In all, Udofia named only seven of the 12 ACC basketball coaches, including his own new coach, Brian Gregory.

This is no knock on Udofia. It’s not like he’s alone. Even Clemson’s Tanner Smith, a senior and a three-time All-ACC Academic from Alpharetta, didn’t want to take a stab at it.

“That’s really tough,” he said, joking. “I don’t know if I can name all the coaches on our staff.”

In a league fighting to regain its prominence on the national college basketball scene, the ACC has some work to do, even before expansion comes with the addition of Syracuse and Pittsburgh in 2014. At a time when players’ early departures for the NBA leave coaches as the game’s most recognizable figures, the ACC clearly is lacking.

This kind of turnover is unprecedented. Never in its 58-year history has the ACC had four new coaches in one season. Another four have joined since March 2009, accounting for two-thirds of the league. Bennett was the only new coach when he started at Virginia in 2009. Now he has the fifth-longest tenure.

Gregory, who was hired to replace Paul Hewitt on March 28, knows how he feels.

“I’m a first-year coach, and I was on the job two, three days, and I was already 10th in seniority,” Gregory said. “I’m like I’m the old guy around.”

Gregory, Gottfried and Larranaga all were in place when Gary Williams retired from Maryland in May, so Mark Turgeon’s hire moved Gregory up to ninth.

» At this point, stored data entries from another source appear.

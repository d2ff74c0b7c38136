//! The calls of players.
ghost use Rattle.std.specs.Prelude.{◌≡◌, ◌/◌, ◌∷◌, [], pos, map, length, None, Some};
ghost use Rattle.script_notes.specs.declared.limits.TheConstants.{LAST_FRAME};
ghost use Rattle.mixer.specs.declared.playing.Release.TheVariants.{One, All};
ghost use Rattle.sfbank_c.specs.BankSlots.{bank_in};
ghost use Rattle.sfbank_c.specs.PlayerSlots.{player_in, open_status, closed_status};
ghost use Rattle.sfbank_c.specs.Players.{silent, block_status, frames_of, later};
ghost use Rattle.sfbank_c.specs.Players.{released, voice_count};
ghost use Rattle.sfbank_c.specs.Starts.{note_from, start_status, started};
ghost use Rattle.mixer.specs.Events.{block};

use crate::bank_handle::BankHandle;
use crate::notes::start_on;
use crate::open_player::OpenPlayer;
use crate::player_handle::PlayerHandle;
use crate::player_slots::{check_no_player, put_player, take_player};
use crate::status::{BAD_LENGTH, OK, OUT_OF_MEMORY};
use mixer::{Player, Release};
use script_notes::{LAST_FRAME, Note};
use std::alloc::Global;

/// Makes a player without voices.
#[unsafe(no_mangle)]
pub extern "C" fn sfbank_abi_player(alloc: Global, players: &mut [PlayerHandle]) -> i32
    ensures status { (result ≡ OUT_OF_MEMORY → ⊥) → result ≡ closed_status players.old (pos 0) }
    ensures memory { result ≡ OUT_OF_MEMORY → closed_status players.old (pos 0) ≡ pos 0 }
    ensures opened { result ≡ pos 0 → player_in players.new ≡ silent ∷ [] }
    ensures refused { (result ≡ pos 0 → ⊥) → player_in players.new ≡ player_in players.old }
{
    match check_no_player(players) {
        Ok(()) => {}
        Err(why) => return why,
    }
    let player = Player::new(alloc);
    match Box::new(alloc, OpenPlayer { player }) {
        Ok(player) => {
            put_player(players, player);
            OK
        }
        Err(_) => OUT_OF_MEMORY,
    }
}

/// Starts a note that lasts until the release of its id, but at most 100,000,000 frames.
#[unsafe(no_mangle)]
pub extern "C" fn sfbank_abi_press(
    alloc: Global,
    players: &mut [PlayerHandle],
    banks: &mut [BankHandle],
    preset_bank: u16,
    preset: u16,
    key: u8,
    velocity: u8,
    id: u64,
) -> i32
    ensures status { (result ≡ OUT_OF_MEMORY → ⊥) → result ≡ start_status players.old banks.old (note_from LAST_FRAME preset_bank preset key velocity) }
    ensures memory { result ≡ OUT_OF_MEMORY → start_status players.old banks.old (note_from LAST_FRAME preset_bank preset key velocity) ≡ pos 0 }
    ensures pressed { result ≡ pos 0 → player_in players.new ≡ map (started banks.old (Some id) (note_from LAST_FRAME preset_bank preset key velocity)) (player_in players.old) }
    ensures refused { (result ≡ pos 0 → ⊥) → player_in players.new ≡ player_in players.old }
    ensures bank { bank_in banks.new ≡ bank_in banks.old }
{
    match take_player(alloc, players) {
        Ok(mut player) => {
            let note = Note::new(0, LAST_FRAME as u32, preset_bank, preset, key, velocity);
            let status = start_on(alloc, &mut player, banks, note, Some(id));
            put_player(players, player);
            status
        }
        Err(why) => why,
    }
}

/// Starts a note of a length in frames.
#[unsafe(no_mangle)]
pub extern "C" fn sfbank_abi_start(
    alloc: Global,
    players: &mut [PlayerHandle],
    banks: &mut [BankHandle],
    preset_bank: u16,
    preset: u16,
    key: u8,
    velocity: u8,
    length: u32,
) -> i32
    ensures status { (result ≡ OUT_OF_MEMORY → ⊥) → result ≡ start_status players.old banks.old (note_from length preset_bank preset key velocity) }
    ensures memory { result ≡ OUT_OF_MEMORY → start_status players.old banks.old (note_from length preset_bank preset key velocity) ≡ pos 0 }
    ensures started { result ≡ pos 0 → player_in players.new ≡ map (started banks.old None (note_from length preset_bank preset key velocity)) (player_in players.old) }
    ensures refused { (result ≡ pos 0 → ⊥) → player_in players.new ≡ player_in players.old }
    ensures bank { bank_in banks.new ≡ bank_in banks.old }
{
    match take_player(alloc, players) {
        Ok(mut player) => {
            let note = Note::new(0, length, preset_bank, preset, key, velocity);
            let status = start_on(alloc, &mut player, banks, note, None);
            put_player(players, player);
            status
        }
        Err(why) => why,
    }
}

/// Releases the pressed notes with an id. Allocates nothing.
#[unsafe(no_mangle)]
pub extern "C" fn sfbank_abi_release(alloc: Global, players: &mut [PlayerHandle], id: u64) -> i32
    ensures status { result ≡ open_status players.old (pos 0) }
    ensures released { player_in players.new ≡ map (released (One id)) (player_in players.old) }
{
    match take_player(alloc, players) {
        Ok(mut player) => {
            player.player.release(Release::One(id));
            put_player(players, player);
            OK
        }
        Err(why) => why,
    }
}

/// Releases all pressed notes. Allocates nothing.
#[unsafe(no_mangle)]
pub extern "C" fn sfbank_abi_release_all(alloc: Global, players: &mut [PlayerHandle]) -> i32
    ensures status { result ≡ open_status players.old (pos 0) }
    ensures released { player_in players.new ≡ map (released All) (player_in players.old) }
{
    match take_player(alloc, players) {
        Ok(mut player) => {
            player.player.release(Release::All);
            put_player(players, player);
            OK
        }
        Err(why) => why,
    }
}

/// Ends all voices at once. Allocates nothing.
#[unsafe(no_mangle)]
pub extern "C" fn sfbank_abi_stop(alloc: Global, players: &mut [PlayerHandle]) -> i32
    ensures status { result ≡ open_status players.old (pos 0) }
    ensures stopped { result ≡ pos 0 → player_in players.new ≡ silent ∷ [] }
    ensures refused { (result ≡ pos 0 → ⊥) → player_in players.new ≡ player_in players.old }
{
    match take_player(alloc, players) {
        Ok(mut player) => {
            player.player.stop();
            put_player(players, player);
            OK
        }
        Err(why) => why,
    }
}

/// Counts the voices that sound at the next frame. Allocates nothing.
#[unsafe(no_mangle)]
pub extern "C" fn sfbank_abi_voices(
    alloc: Global,
    players: &mut [PlayerHandle],
    count: &mut usize,
) -> i32
    ensures status { result ≡ open_status players.old (pos 0) }
    ensures counted { result ≡ pos 0 → count.new ≡ voice_count (player_in players.old) }
    ensures unchanged { (result ≡ pos 0 → ⊥) → count.new ≡ count.old }
    ensures player { player_in players.new ≡ player_in players.old }
{
    match take_player(alloc, players) {
        Ok(mut player) => {
            *count = player.player.count();
            put_player(players, player);
            OK
        }
        Err(why) => why,
    }
}

/// Plays the next frames, left and right interleaved. Allocates nothing.
#[unsafe(no_mangle)]
pub extern "C" fn sfbank_abi_block(
    alloc: Global,
    players: &mut [PlayerHandle],
    out: &mut [i16],
) -> i32
    ensures status { result ≡ open_status players.old (block_status (length out.old)) }
    ensures heard { result ≡ pos 0 → out.new ≡ frames_of (player_in players.old) (length out.old / 2) }
    ensures played { result ≡ pos 0 → player_in players.new ≡ map (later (length out.old / 2)) (player_in players.old) }
    ensures unchanged { (result ≡ pos 0 → ⊥) → out.new ≡ out.old }
    ensures refused { (result ≡ pos 0 → ⊥) → player_in players.new ≡ player_in players.old }
{
    match take_player(alloc, players) {
        Ok(mut player) => {
            let status = write_block(&mut player, out);
            put_player(players, player);
            status
        }
        Err(why) => why,
    }
}

// Plays the next frames, unless the values are no whole frames.
fn write_block(player: &mut OpenPlayer, out: &mut [i16]) -> i32
    ensures status { result ≡ block_status (length out.old) }
    ensures heard { result ≡ pos 0 → out.new ≡ block player.old.player (length out.old / 2) }
    ensures played { result ≡ pos 0 → player.new ≡ later (length out.old / 2) player.old }
    ensures unchanged { (result ≡ pos 0 → ⊥) → out.new ≡ out.old }
    ensures refused { (result ≡ pos 0 → ⊥) → player.new ≡ player.old }
{
    if out.len() % 2 != 0 {
        return BAD_LENGTH;
    }
    player.player.block(out);
    OK
}

/// Closes the handle of a player, if it is open.
#[unsafe(no_mangle)]
pub extern "C" fn sfbank_abi_close_player(alloc: Global, players: &mut [PlayerHandle]) -> i32
    ensures status { result ≡ open_status players.old (pos 0) }
    ensures closed { player_in players.new ≡ [] }
{
    match take_player(alloc, players) {
        Ok(player) => {
            drop(player);
            OK
        }
        Err(why) => why,
    }
}
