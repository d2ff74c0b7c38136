//! The handle of a player, which C stores.
ghost use Rattle.std.specs.Prelude.{◌≡◌, ◌∷◌, [], cond, length, MatchOption};

use crate::open_player::OpenPlayer;
use crate::sealed_player::SealedPlayer;
use c_loans::Parts;
use std::alloc::Global;
use std::mem;

/// A handle: closed, as C makes it of zeros, or open, when it owns a player.
#[repr(C)]
pub struct PlayerHandle {
    pub is_open: bool,
    pub sealed: SealedPlayer,
    pub ghost agrees: { length sealed.held ≡ cond is_open 1 0 },
}

impl Drop for PlayerHandle {
    fn drop(self) {
        drop(self.into_box());
    }
}

impl PlayerHandle {
    /// A closed handle.
    pub fn closed(alloc: Global) -> PlayerHandle
        ensures { result.sealed.held ≡ [] }
    {
        PlayerHandle {
            is_open: false,
            sealed: SealedPlayer::empty(alloc),
        }
    }

    /// An open handle.
    pub fn of_box(player: Box<OpenPlayer>) -> PlayerHandle
        ensures { result.sealed.held ≡ player.value ∷ [] }
    {
        PlayerHandle {
            is_open: true,
            sealed: SealedPlayer::of_parts(Parts::of(player)),
        }
    }

    /// Takes the player out, if the handle is open, and leaves it closed.
    pub fn take(&mut self, alloc: Global) -> Option<Box<OpenPlayer>>
        ensures taken { MatchOption result (self.old.sealed.held ≡ []) (λ player. self.old.sealed.held ≡ player.value ∷ []) }
        ensures closed { self.new.sealed.held ≡ [] }
    {
        mem::replace(self, PlayerHandle::closed(alloc)).into_box()
    }

    /// Puts a player into a closed handle. Nothing is freed.
    pub fn put(&mut self, player: Box<OpenPlayer>)
        requires { self.old.sealed.held ≡ [] }
        ensures { self.new.sealed.held ≡ player.value ∷ [] }
    {
        mem::forget(mem::replace(self, PlayerHandle::of_box(player)));
    }

    /// The player, if the handle is open.
    pub fn into_box(self) -> Option<Box<OpenPlayer>>
        ensures { MatchOption result (self.sealed.held ≡ []) (λ player. self.sealed.held ≡ player.value ∷ []) }
    {
        let PlayerHandle { is_open, sealed } = self;
        if is_open {
            Some(sealed.into_parts().into_box())
        } else {
            None
        }
    }
}

fn crosses<T: Send>(_value: &T) {}

/// Compiles where C may pass a handle to another thread.
pub fn player_handle_crosses(handle: &PlayerHandle) {
    crosses(handle);
}
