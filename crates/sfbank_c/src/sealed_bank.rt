//! A pointer that owns an open bank, or nothing.
ghost use Rattle.std.specs.Prelude.{◌≡◌, ◌∷◌, [], List, length};
ghost use Rattle.sfbank_c.specs.declared.open_bank.OpenBank.{OpenBank};
ghost use Rattle.sfbank_c.specs.Owned.{bank_coded, bank_owned};

use crate::open_bank::OpenBank;
use c_loans::Parts;
use std::alloc::Global;
use std::marker::Model;
use std::ptr;

/// A pointer to an open bank on the heap, which it owns, or a pointer that owns nothing. C sees the pointer alone.
// The derived drop is for one that owns nothing: it frees no bank.
#[repr(C)]
#[derive(Drop)]
pub struct SealedBank {
    at: *mut u8,
    alloc: Global,
    pub ghost held: { List OpenBank } by { bank_coded },
}

impl Model for SealedBank {
    ghost also_owns = { λ s. bank_owned s.alloc s.at s.held };
}

impl SealedBank {
    /// Owns nothing.
    pub fn empty(alloc: Global) -> SealedBank
        ensures { result.held ≡ [] }
    {
        SealedBank {
            at: ptr::null_mut(),
            alloc,
        }
    }

    /// Owns what the parts of a box own.
    pub fn of_parts(parts: Parts<OpenBank, Global>) -> SealedBank
        ensures { result.held ≡ parts.value ∷ [] }
    {
        let Parts { ptr, alloc } = parts;
        SealedBank {
            at: ptr.cast::<u8>(),
            alloc,
        }
    }

    /// The parts of the box.
    pub fn into_parts(self) -> Parts<OpenBank, Global>
        requires { length self.held ≡ 1 }
        ensures { self.held ≡ result.value ∷ [] }
    {
        let SealedBank { at, alloc } = self;
        Parts {
            ptr: at.cast::<OpenBank>(),
            alloc,
        }
    }
}

unsafe impl Send for SealedBank {}
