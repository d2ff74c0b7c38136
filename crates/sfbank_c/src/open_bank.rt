//! What a bank's handle owns.
ghost use Rattle.std.specs.Prelude.{◌≡◌, ◌⊎◌, pos, None, IfOk, IfErr, OnOk};
ghost use Rattle.bank_format.specs.ReadChecks.{fault_of};
ghost use Rattle.sfbank_c.specs.Banks.{opened, read_status};

use crate::status::OUT_OF_MEMORY;
use inverse_edits::Session;
use sf_base::Failure;
use sf_reader::read;
use std::alloc::Global;

/// A bank with its undo and redo lists, which borrows from its file and from pools.
#[derive(Drop)]
pub struct OpenBank {
    pub session: Session<'static>,
}

/// Reads the bank of a file. The error is the number of its fault, or out of memory.
pub(crate) fn open_bank(alloc: Global, file: &'static [u8]) -> Result<Box<OpenBank>, i32>
    ensures opened { IfOk result (λ bank. bank.value ≡ opened file.now) }
    ensures passes { OnOk result (read_status (fault_of file.now) ≡ pos 0) }
    ensures fails { IfErr result (λ why. (why ≡ OUT_OF_MEMORY → ⊥) → why ≡ read_status (fault_of file.now)) }
    ensures error { IfErr result (λ why. why ≡ pos 0 → ⊥) }
{
    match read(alloc, file) {
        Ok((bank, _counts)) => {
            let session = Session::new(alloc, bank);
            match Box::new(alloc, OpenBank { session }) {
                Ok(opened) => Ok(opened),
                Err(_) => Err(OUT_OF_MEMORY),
            }
        }
        Err(Failure::Fault(fault)) => Err(i32::from(fault.number())),
        Err(Failure::OutOfMemory) => Err(OUT_OF_MEMORY),
    }
}
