//! Runs scripts on sessions.
ghost use Rattle.std.specs.Prelude.{◌≡◌, OnOk, IfErr};
ghost use Rattle.inverse_edits.specs.Histories.{IsEdited, IsRefusalNow};
ghost use Rattle.script_tokens.specs.Pool.{pool_bytes};
ghost use Rattle.sfbank_c.specs.Scripts.{RunsLines, RunsScript, ChecksPool, stop_number, stop_line};

use crate::status::{BAD_POOL, OUT_OF_MEMORY};
use edit_refusals::Refusal;
use edit_script::{Line, ScriptFault, parse, pool_of};
use inverse_edits::Session;
use sf_base::Failure;
use std::alloc::Global;

/// A line whose edit is refused.
#[derive(Clone, Copy)]
pub struct RefusedLine {
    pub number: u64,
    pub why: Refusal,
}

/// Why a script stops.
#[derive(Clone, Copy)]
pub enum ScriptStop {
    /// Another pool is given than that of the script.
    BadPool,
    Fault(ScriptFault),
    /// An allocation failed before the first edit.
    OutOfMemory,
    /// The edits before this line are done.
    Refused(RefusedLine),
}

impl ScriptStop {
    /// The number of the error.
    pub(crate) fn number(self) -> i32
        ensures { result ≡ stop_number self }
    {
        match self {
            ScriptStop::BadPool => BAD_POOL,
            ScriptStop::Fault(fault) => i32::from(fault.number()),
            ScriptStop::OutOfMemory => OUT_OF_MEMORY,
            ScriptStop::Refused(line) => i32::from(line.why.number()),
        }
    }

    /// The number of the line, counted from 1, or 0.
    pub(crate) fn line(self) -> u64
        ensures { result ≡ stop_line self }
    {
        match self {
            ScriptStop::Fault(fault) => fault.line(),
            ScriptStop::Refused(line) => line.number,
            ScriptStop::BadPool | ScriptStop::OutOfMemory => 0,
        }
    }
}

/// Runs a script on a session, up to the first edit that is refused. `pool` must hold the script's literals.
pub(crate) fn run_script<'a>(
    alloc: Global,
    session: &mut Session<'a>,
    script: &[u8],
    pool: &'a [u8],
) -> Result<(), ScriptStop>
    ensures { RunsScript session.old session.new script.now pool.now result }
{
    match check_pool(alloc, script, pool) {
        Ok(()) => {}
        Err(stop) => return Err(stop),
    }
    match parse(alloc, script, pool) {
        Ok(lines) => match run_lines(alloc, session, lines) {
            Ok(()) => Ok(()),
            Err(line) => Err(ScriptStop::Refused(line)),
        },
        Err(Failure::Fault(fault)) => Err(ScriptStop::Fault(fault)),
        Err(Failure::OutOfMemory) => Err(ScriptStop::OutOfMemory),
    }
}

// Checks that these are the bytes of the script's literals.
fn check_pool(alloc: Global, script: &[u8], pool: &[u8]) -> Result<(), ScriptStop>
    ensures { ChecksPool script.now pool.now result }
{
    match pool_of(alloc, script) {
        Ok(own) => {
            if own.as_slice() == pool {
                Ok(())
            } else {
                Err(ScriptStop::BadPool)
            }
        }
        Err(Failure::Fault(fault)) => Err(ScriptStop::Fault(fault)),
        Err(Failure::OutOfMemory) => Err(ScriptStop::OutOfMemory),
    }
}

// Does the edits of lines in turn, up to the first that is refused.
fn run_lines<'a>(
    alloc: Global,
    session: &mut Session<'a>,
    lines: Vec<Line<'a>>,
) -> Result<(), RefusedLine>
    ensures { RunsLines session.old session.new lines.entry.items result }
{
    for line in lines {
        run_line(alloc, session, line)?;
    }
    Ok(())
}

// Does the edit of a line. A function of its own, so that the loop drops no edit.
fn run_line<'a>(alloc: Global, session: &mut Session<'a>, line: Line<'a>) -> Result<(), RefusedLine>
    ensures done { OnOk result (IsEdited session.old session.new line.entry.edit) }
    ensures unchanged { IfErr result (λ _. session.new ≡ session.old) }
    ensures refused { IfErr result (λ stop. IsRefusalNow session.old line.entry.edit stop.why) }
    ensures number { IfErr result (λ stop. stop.number ≡ line.entry.number) }
{
    let number = line.number;
    match session.edit(alloc, line.into_edit()) {
        Ok(()) => Ok(()),
        Err((why, _edit)) => Err(RefusedLine { number, why }),
    }
}
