//! The calls that write texts: the canonical file, the undo script and the pool of a script.
ghost use Rattle.std.specs.Prelude.{◌≡◌, [], pos, length};
ghost use Rattle.bank_format.specs.Canon.{canon};
ghost use Rattle.sfbank_c.specs.BankSlots.{bank_in, open_status};
ghost use Rattle.sfbank_c.specs.Banks.{of_bank};
ghost use Rattle.script_tokens.specs.Pool.{pool_bytes};
ghost use Rattle.sfbank_c.specs.Texts.{fill_status, undo_script, pool_status, pool_fill_status, pool_in, pool_line};

use crate::bank_handle::BankHandle;
use crate::bank_slots::{put_bank, take_bank};
use crate::status::{BAD_LENGTH, OK, OUT_OF_MEMORY};
use crate::texts::{bytes_of, fill};
use live_sessions::UndoLines;
use script_tokens::pool_of;
use sf_base::Failure;
use sf_writer::{BankFile, encoded_len};
use std::alloc::Global;

/// Returns the length of the canonical file. Allocates nothing.
#[unsafe(no_mangle)]
pub extern "C" fn sfbank_abi_file_size(
    alloc: Global,
    banks: &mut [BankHandle],
    size: &mut u64,
) -> i32
    ensures status { result ≡ open_status banks.old (pos 0) }
    ensures size { result ≡ pos 0 → size.new ≡ of_bank 0 (λ b. length (canon b)) (bank_in banks.old) }
    ensures unchanged { (result ≡ pos 0 → ⊥) → size.new ≡ size.old }
    ensures bank { bank_in banks.new ≡ bank_in banks.old }
{
    match take_bank(alloc, banks) {
        Ok(bank) => {
            *size = encoded_len(bank.session.bank());
            put_bank(banks, bank);
            OK
        }
        Err(why) => why,
    }
}

/// Writes the canonical file to a buffer of its length.
#[unsafe(no_mangle)]
pub extern "C" fn sfbank_abi_file(alloc: Global, banks: &mut [BankHandle], out: &mut [u8]) -> i32
    ensures status { (result ≡ OUT_OF_MEMORY → ⊥) → result ≡ open_status banks.old (of_bank (pos 0) (λ b. fill_status (length out.old) (canon b)) (bank_in banks.old)) }
    ensures memory { result ≡ OUT_OF_MEMORY → open_status banks.old (pos 0) ≡ pos 0 }
    ensures written { result ≡ pos 0 → out.new ≡ of_bank [] canon (bank_in banks.old) }
    ensures unchanged { (result ≡ pos 0 → ⊥) → out.new ≡ out.old }
    ensures bank { bank_in banks.new ≡ bank_in banks.old }
{
    match take_bank(alloc, banks) {
        Ok(bank) => {
            let status = fill(alloc, &BankFile(bank.session.bank()), out);
            put_bank(banks, bank);
            status
        }
        Err(why) => why,
    }
}

/// Returns the length of the undo script.
#[unsafe(no_mangle)]
pub extern "C" fn sfbank_abi_undo_size(
    alloc: Global,
    banks: &mut [BankHandle],
    size: &mut usize,
) -> i32
    ensures status { (result ≡ OUT_OF_MEMORY → ⊥) → result ≡ open_status banks.old (pos 0) }
    ensures memory { result ≡ OUT_OF_MEMORY → open_status banks.old (pos 0) ≡ pos 0 }
    ensures size { result ≡ pos 0 → size.new ≡ length (undo_script (bank_in banks.old)) }
    ensures unchanged { (result ≡ pos 0 → ⊥) → size.new ≡ size.old }
    ensures bank { bank_in banks.new ≡ bank_in banks.old }
{
    match take_bank(alloc, banks) {
        Ok(bank) => {
            let bytes = bytes_of(alloc, &UndoLines(bank.session.undo_list()));
            put_bank(banks, bank);
            match bytes {
                Ok(bytes) => {
                    *size = bytes.len();
                    OK
                }
                Err(_) => OUT_OF_MEMORY,
            }
        }
        Err(why) => why,
    }
}

/// Writes the undo script to a buffer of its length: the inverses of all edits, the last edit's first.
#[unsafe(no_mangle)]
pub extern "C" fn sfbank_abi_undo_script(
    alloc: Global,
    banks: &mut [BankHandle],
    out: &mut [u8],
) -> i32
    ensures status { (result ≡ OUT_OF_MEMORY → ⊥) → result ≡ open_status banks.old (fill_status (length out.old) (undo_script (bank_in banks.old))) }
    ensures memory { result ≡ OUT_OF_MEMORY → open_status banks.old (pos 0) ≡ pos 0 }
    ensures written { result ≡ pos 0 → out.new ≡ undo_script (bank_in banks.old) }
    ensures unchanged { (result ≡ pos 0 → ⊥) → out.new ≡ out.old }
    ensures bank { bank_in banks.new ≡ bank_in banks.old }
{
    match take_bank(alloc, banks) {
        Ok(bank) => {
            let status = fill(alloc, &UndoLines(bank.session.undo_list()), out);
            put_bank(banks, bank);
            status
        }
        Err(why) => why,
    }
}

/// Returns the length of the pool of a script: the bytes of its literals. The line is that of a fault, or 0.
#[unsafe(no_mangle)]
pub extern "C" fn sfbank_abi_pool_size(
    alloc: Global,
    script: &[u8],
    size: &mut usize,
    line: &mut u64,
) -> i32
    ensures status { (result ≡ OUT_OF_MEMORY → ⊥) → result ≡ pool_status (pool_bytes script.now) }
    ensures size { result ≡ pos 0 → size.new ≡ length (pool_in (pool_bytes script.now)) }
    ensures line { (result ≡ OUT_OF_MEMORY → ⊥) → line.new ≡ pool_line (pool_bytes script.now) }
    ensures none { result ≡ OUT_OF_MEMORY → line.new ≡ 0 }
    ensures unchanged { (result ≡ pos 0 → ⊥) → size.new ≡ size.old }
{
    *line = 0;
    match pool_of(alloc, script) {
        Ok(pool) => {
            *size = pool.len();
            OK
        }
        Err(Failure::Fault(fault)) => {
            *line = fault.line();
            i32::from(fault.number())
        }
        Err(Failure::OutOfMemory) => OUT_OF_MEMORY,
    }
}

/// Writes the pool of a script to a buffer of its length. The line is that of a fault, or 0.
#[unsafe(no_mangle)]
pub extern "C" fn sfbank_abi_pool(
    alloc: Global,
    script: &[u8],
    out: &mut [u8],
    line: &mut u64,
) -> i32
    ensures status { (result ≡ OUT_OF_MEMORY → ⊥) → result ≡ pool_fill_status (length out.old) (pool_bytes script.now) }
    ensures written { result ≡ pos 0 → out.new ≡ pool_in (pool_bytes script.now) }
    ensures line { (result ≡ OUT_OF_MEMORY → ⊥) → line.new ≡ pool_line (pool_bytes script.now) }
    ensures none { result ≡ OUT_OF_MEMORY → line.new ≡ 0 }
    ensures unchanged { (result ≡ pos 0 → ⊥) → out.new ≡ out.old }
{
    *line = 0;
    match pool_of(alloc, script) {
        Ok(pool) => {
            if pool.len() != out.len() {
                return BAD_LENGTH;
            }
            out.copy_from_slice(pool.as_slice());
            OK
        }
        Err(Failure::Fault(fault)) => {
            *line = fault.line();
            i32::from(fault.number())
        }
        Err(Failure::OutOfMemory) => OUT_OF_MEMORY,
    }
}
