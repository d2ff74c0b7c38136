//! The table of the generators that a script can set or that have an edit of their own: the name, unit, range and default
//! of each.
#![tactic(auto)]

pub mod laws;
mod row;
mod rows;

pub use row::{DefaultAmount, GeneratorRow, NAME_LENGTH, RANGE_LENGTH, Unit};
pub use rows::{ROWS, row_of, usable_generators};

Krzyzewski is the grizzled veteran of the group, entering his 32nd season as head coach at Duke. Only Hamilton, who’s entering his 10th season at FSU, is in double-digits in the ACC. Williams enters his ninth season at North Carolina.

Krzyzewski compared this turnover, at least by percentage, to when he, Bobby Cremins (Tech) and Jim Valvano (N.C. State) entered the ACC in 1980 and 1981, when the ACC had eight teams.

“That turned out pretty good,” Krzyzewski said. “So maybe it’s time. And we’re stable. We’re strong as a conference, infrastructure-wise. It’s probably a good time for this expansion and newness. And I’m happy I’m still around to be a part of it.”

Valvano won an NCAA title three seasons into his tenure at N.C. State. By the late 1980s, Krzyzewski had built a dynasty that would see Duke advance to seven Final Fours in nine years from 1986-94, including two of his four national championships. In 1985, in his fourth season at Tech, Cremins started a run of nine consecutive trips to the NCAA tournament, including the 1990 Final Four.

“If some of us new guys can do what Valvano and Cremins and Coach K did — I think, poll us, we’d all take it,” said Brownell, smiling.

Clemson went 22-12 last season and advanced to the second round of the NCAA tournament, making Brownell the only first-year coach in the nation to take his team to last year’s NCAA tournament. But Brownell is quick to point out he inherited a veteran team from Oliver Purnell, who departed suddenly for DePaul.

Brownell thinks a fair expectation for coaches to establish a program is five seasons. By then two or three of their recruiting classes are upperclassmen.

“You’ve got to give time to get used to a setting, get used to a situation, build some momentum, get used to the league,” Brownell said.

He points to Virginia as a program on the rise in Bennett’s third season.

“In two or three years, all of those programs are going to be solid and the same good ones, guys who have been here, are going to have great programs,” Brownell said. “So I think our league is getting back to where it maybe was.”

Pittsburgh and Syracuse are still bound by a 27-month exit window by the Big East before they can join the ACC. So unless something changes, the ACC has to keep looking from within to find teams to contend with traditional powers Duke and North Carolina.

In the meantime, fans — and players, too — have a chance to get to know new coaches such as Turgeon. He might have been recognized last week only for his Maryland shirt, when he came up behind Williams, sitting at a table full of writers on media day.

“I’ll be right over there if you guys need me,” joked Turgeon.

Williams was one of the few in the room who knew him well. Turgeon was an assistant coach for Williams for four years at Kansas.

“I can tell you stories about that guy,” Williams said. “He’s going to be a great addition to our group.”

For now, it’s still a matter of taking his word for it.